Goal of the exercise: Starting from the line that holds "let Ok(next) = push_mark(batch, &place.name, place.sum, all)", print every line through the end of the records, first and last included.

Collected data
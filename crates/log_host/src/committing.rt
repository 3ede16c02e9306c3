//! A batch that is on the disk before the replies to it go out.

ghost use Rattle.std.specs.Prelude.{◌≡◌, List, [], ◌∷◌, ◌++◌, Some, false, true, IfOk, OnErr, OnOk};
ghost use Rattle.std.specs.Io.KnownBytes.{Appends};
ghost use Rattle.line_text.specs.Writing.{WrittenInPart};
ghost use Rattle.log_text.specs.Lines.{ended};
ghost use Rattle.log_text.specs.Batches.{mark_behind, sum_behind};
ghost use Rattle.log_text.specs.Sums.{after, own_sums, spelled};
ghost use Rattle.log_host.specs.Acts.{Act, Adds, Held, Puts, synced, told, wrote};
ghost use Rattle.log_host.specs.Lasting.{IsAsked, LastsFrom, Log, SettlesFrom};

use crate::host::{HostFault, LogHost};
use crate::place::LogPlace;
use line_text::Output;
use log_text::{push_mark, sum_after};
use std::io::Write;

/// Why a batch wasn't committed, or the replies to it weren't all written.
#[derive(Clone, Copy, Debug, PartialEq, Eq)]
pub enum CommitFault {
    /// Memory was refused. Nothing was done, and the batch is as it was.
    Memory,

    /// A call of the host failed. The log is to be asked nothing more: it is read again at the next start.
    Host,
}

impl From<HostFault> for CommitFault {
    ghost use Rattle.log_host.specs.declared.committing.CommitFault.TheVariants as faults;

    ghost from_gives = { λ _ e. e ≡ faults.Host };

    fn from(_: HostFault) -> CommitFault {
        CommitFault::Host
    }
}

/// Closes the batch of request lines, appends it to the log, brings it to the disk, and then writes `text`, the replies
/// to them, to the output. Afterwards the batch is empty. Returns the place after it.
///
/// # Errors
///
/// `Memory` if memory was refused, and then nothing was done; `Host` if a call of the host failed, which the host
/// records: pass a host that has recorded no failure.
#[tactic(auto, using(crate::proofs::Known::added_in_order))]
pub fn commit<H: LogHost, W: Write>(
    host: &mut H,
    output: &mut Output<W>,
    place: LogPlace,
    batch: &mut Vec<u8>,
    text: &[u8],
) -> Result<LogPlace, CommitFault>
    ensures begun { H.begun host.new ≡ H.begun host.old }
    ensures past { H.past host.new ≡ H.past host.old }

    // The batch is written with its mark, then it is on the disk, and then its text is told.
    ensures order { IfOk result (λ next. Adds (H.acts host.old) (H.acts host.new)
        (wrote (batch.old.items ++ ended (mark_behind own_sums place.name place.sum batch.old.items (spelled next.told)))
        ∷ synced ∷ told text.now ∷ [])) }

    // In every outcome nothing else is written, and that in order: its first bytes, or all.
    ensures puts { Puts (H.acts host.old) (H.acts host.new) (batch.old.items
        ++ ended (mark_behind own_sums place.name place.sum batch.old.items (spelled (after place.told text.now)))) }

    // At each moment of the call, whatever a crash leaves, what was told is the beginning of what that log answers.
    ensures lasts { (log : Log) (h : Held) (acts : List Act) → H.acts host.old ≡ Some acts
        → IsAsked log place.name h place.sum batch.old.items text.now → LastsFrom log h acts (H.acts host.new) }
    ensures settled { IfOk result (λ next. (log : Log) (h : Held) (acts : List Act) → H.acts host.old ≡ Some acts
        → (asked : IsAsked log place.name h place.sum batch.old.items text.now)
        → SettlesFrom log h place.sum asked.lines acts (H.acts host.new) next.sum next.told) }
    ensures name { IfOk result (λ next. next.name ≡ place.name) }
    ensures sum { IfOk result (λ next. next.sum ≡ sum_behind own_sums place.name place.sum batch.old.items (spelled next.told)) }
    ensures told { IfOk result (λ next. next.told ≡ after place.told text.now) }
    ensures empty { OnOk result (batch.new.items ≡ []) }
    ensures written { OnOk result (Appends (W.contents output.old.writer) (W.contents output.new.writer) text.now) }
    ensures part { OnErr result (WrittenInPart (W.contents output.old.writer) (W.contents output.new.writer) text.now) }
    ensures memory { result ≡ Err CommitFault.Memory
        → (host.new ≡ host.old) × (output.new ≡ output.old) × (batch.new.items ≡ batch.old.items) }
    ensures failed { result ≡ Err CommitFault.Host → H.failed host.new ≡ true }
    ensures unfailed { OnOk result (H.failed host.new ≡ H.failed host.old) }
    ensures output { OnOk result (output.new.calls.failed ≡ output.old.calls.failed) }
    ensures out { OnOk result (output.new.calls.held ≡ false) }
{
    let all = sum_after(place.told, text);
    let Ok(next) = push_mark(batch, &place.name, place.sum, all) else {
        return Err(CommitFault::Memory);
    };
    host.append(batch.as_slice())?;
    host.sync()?;
    host.tell(output, text)?;
    batch.clear();
    Ok(LogPlace {
        name: place.name,
        sum: next,
        told: all,
    })
}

Result of this task:
    let Ok(next) = push_mark(batch, &place.name, place.sum, all) else {
        return Err(CommitFault::Memory);
    };
    host.append(batch.as_slice())?;
    host.sync()?;
    host.tell(output, text)?;
    batch.clear();
    Ok(LogPlace {
        name: place.name,
        sum: next,
        told: all,
    })
}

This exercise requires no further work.